__DIRECTIONS__: What is needed is an exact copy of every entry.

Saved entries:
------------

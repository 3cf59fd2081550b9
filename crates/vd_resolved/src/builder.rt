//! Building resolved trees from their leaves on.

ghost use Rattle.std.specs.Prelude.{◌≡◌, ◌≤◌, ◌++◌, ◌∷◌, [], OnOk, OnErr, IfOk, length};
ghost use Rattle.vd_resolved.specs.Trees.{Building, with_parent, finished};
ghost use Rattle.vd_resolved.specs.Validity.{IsResolved};
ghost use Rattle.vd_trees.specs.declared.revision.Revision.TheVariants.{V2019, V1993};

use crate::node::Resolved;
use crate::stack::Stack;
use crate::trees::{Resolved19, Resolved93, Tree};
use std::alloc::{AllocError, Global};
use std::marker::Model;
use vd_bytes::Place;
use vd_declarations::{DeclId, Declaration};

/// A resolved tree that is being made, of either revision: some trees, each of whose parts were made before it, and declarations.
#[derive(Drop)]
pub struct Builder {
    stack: Stack,
    declarations: Vec<Declaration>,
}

impl Model for Builder {
    ghost use Rattle.vd_resolved.specs.Trees.{Building};
    ghost use Rattle.std.specs.Coded.{coded_list};
    ghost use Rattle.vd_forest.specs.Code.{coded_forest};
    ghost use Rattle.vd_declarations.specs.contracts.declarations.Declaration as declared;
    ghost use Rattle.vd_resolved.specs.contracts.node.Resolved as nodes;
    ghost use Rattle.vd_resolved.specs.Codes.{coded_building};

    ghost Value = { Building };

    ghost coded = { coded_building (coded_list (coded_forest nodes.the_row.coded)) (coded_list declared.the_row.coded) };

    ghost view = { λ a. record { trees = a.stack; declarations = a.declarations.items } };
}

impl Builder {
    /// No trees and no declarations.
    pub fn new(alloc: Global) -> Builder
        ensures { result ≡ record { trees = []; declarations = [] } }
    {
        Builder {
            stack: Stack::new(alloc),
            declarations: Vec::new(alloc),
        }
    }

    /// How many trees there are that are no parts yet.
    pub fn len(&self) -> usize
        ensures { result ≡ length self.now.trees }
    {
        self.stack.len()
    }

    /// Makes the last trees, as many as `parts` says, the parts of a new one.
    pub fn push(
        &mut self,
        node: Resolved,
        text: &[u8],
        place: Place,
        parts: usize,
    ) -> Result<(), AllocError>
        requires { parts ≤ length self.old.trees }
        ensures pushed { OnOk result (self.new ≡ record self.old { trees = with_parent self.old.trees node text.now place parts }) }
        ensures unchanged { OnErr result (self.new ≡ self.old) }
    {
        self.stack.push(node, text, place, parts)?;
        Ok(())
    }

    /// Puts a declaration behind the others.
    pub fn declare(&mut self, declared: Declaration) -> Result<DeclId, AllocError>
        ensures declared { IfOk result (λ id. (id ≡ length self.old.declarations)
            × (self.new ≡ record self.old { declarations = self.old.declarations ++ declared ∷ [] })) }
        ensures unchanged { OnErr result (self.new ≡ self.old) }
    {
        let Ok(id) = u32::try_from(self.declarations.len()) else {
            return Err(AllocError);
        };
        self.declarations.push(declared)?;
        Ok(DeclId::of(id))
    }

    /// The tree of revision 2019 whose design units are these trees.
    pub fn finish19(self) -> Result<Resolved19, AllocError>
        requires { IsResolved V2019 (finished self) }
        ensures { IfOk result (λ design. design ≡ finished self) }
    {
        let tree = self.finish()?;
        Ok(Resolved19::of(tree))
    }

    /// The tree of revision 1993 whose design units are these trees.
    pub fn finish93(self) -> Result<Resolved93, AllocError>
        requires { IsResolved V1993 (finished self) }
        ensures { IfOk result (λ design. design ≡ finished self) }
    {
        let tree = self.finish()?;
        Ok(Resolved93::of(tree))
    }

    /// The tree whose design units are these trees, valid or not.
    pub fn finish(self) -> Result<Tree, AllocError>
        ensures { IfOk result (λ tree. tree ≡ finished self) }
    {
        let Builder {
            stack,
            declarations,
        } = self;
        let (store, units) = stack.into_store()?;
        Ok(Tree::of(store, units, declarations))
    }
}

------------

__RESPONSE BOX__:
repository 3cf59fd2081550b9
filename crates/vd_resolved/src/builder.rt
//! Building resolved trees from their leaves on.

ghost use Rattle.std.specs.Prelude.{◌≡◌, ◌≤◌, ◌++◌, ◌∷◌, [], OnOk, OnErr, IfOk, length};
ghost use Rattle.vd_resolved.specs.Trees.{Building, with_parent, finished};
ghost use Rattle.vd_resolved.specs.Validity.{IsResolved};
ghost use Rattle.vd_trees.specs.declared.revision.Revision.TheVariants.{V2019, V1993};

use crate::node::Resolved;
use crate::stack::Stack;
use crate::trees::{Resolved19, Resolved93, Tree};
use std::alloc::{AllocError, Global};
use std::marker::Model;
use vd_bytes::Place;
use vd_declarations::{DeclId, Declaration};

/// A resolved tree that is being made, of either revision: some trees, each of whose parts were made before it, and declarations.
#[derive(Drop)]
pub struct Builder {
    stack: Stack,
    declarations: Vec<Declaration>,
}

impl Model for Builder {
    ghost use Rattle.vd_resolved.specs.Trees.{Building};
    ghost use Rattle.std.specs.Coded.{coded_list};
    ghost use Rattle.vd_forest.specs.Code.{coded_forest};
    ghost use Rattle.vd_declarations.specs.contracts.declarations.Declaration as declared;
    ghost use Rattle.vd_resolved.specs.contracts.node.Resolved as nodes;
    ghost use Rattle.vd_resolved.specs.Codes.{coded_building};

    ghost Value = { Building };

    ghost coded = { coded_building (coded_list (coded_forest nodes.the_row.coded)) (coded_list declared.the_row.coded) };

    ghost view = { λ a. record { trees = a.stack; declarations = a.declarations.items } };
}

impl Builder {
    /// No trees and no declarations.
    pub fn new(alloc: Global) -> Builder
        ensures { result ≡ record { trees = []; declarations = [] } }
    {
        Builder {
            stack: Stack::new(alloc),
            declarations: Vec::new(alloc),
        }
    }

    /// How many trees there are that are no parts yet.
    pub fn len(&self) -> usize
        ensures { result ≡ length self.now.trees }
    {
        self.stack.len()
    }

    /// Makes the last trees, as many as `parts` says, the parts of a new one.
    pub fn push(
        &mut self,
        node: Resolved,
        text: &[u8],
        place: Place,
        parts: usize,
    ) -> Result<(), AllocError>
        requires { parts ≤ length self.old.trees }
        ensures pushed { OnOk result (self.new ≡ record self.old { trees = with_parent self.old.trees node text.now place parts }) }
        ensures unchanged { OnErr result (self.new ≡ self.old) }
    {
        self.stack.push(node, text, place, parts)?;
        Ok(())
    }

    /// Puts a declaration behind the others.
    pub fn declare(&mut self, declared: Declaration) -> Result<DeclId, AllocError>
        ensures declared { IfOk result (λ id. (id ≡ length self.old.declarations)
            × (self.new ≡ record self.old { declarations = self.old.declarations ++ declared ∷ [] })) }
        ensures unchanged { OnErr result (self.new ≡ self.old) }
    {
        let Ok(id) = u32::try_from(self.declarations.len()) else {
            return Err(AllocError);
        };
        self.declarations.push(declared)?;
        Ok(DeclId::of(id))
    }

    /// The tree of revision 2019 whose design units are these trees.
    pub fn finish19(self) -> Result<Resolved19, AllocError>
        requires { IsResolved V2019 (finished self) }
        ensures { IfOk result (λ design. design ≡ finished self) }
    {
        let tree = self.finish()?;
        Ok(Resolved19::of(tree))
    }

    /// The tree of revision 1993 whose design units are these trees.
    pub fn finish93(self) -> Result<Resolved93, AllocError>
        requires { IsResolved V1993 (finished self) }
        ensures { IfOk result (λ design. design ≡ finished self) }
    {
        let tree = self.finish()?;
        Ok(Resolved93::of(tree))
    }

    /// The tree whose design units are these trees, valid or not.
    pub fn finish(self) -> Result<Tree, AllocError>
        ensures { IfOk result (λ tree. tree ≡ finished self) }
    {
        let Builder {
            stack,
            declarations,
        } = self;
        let (store, units) = stack.into_store()?;
        Ok(Tree::of(store, units, declarations))
    }
}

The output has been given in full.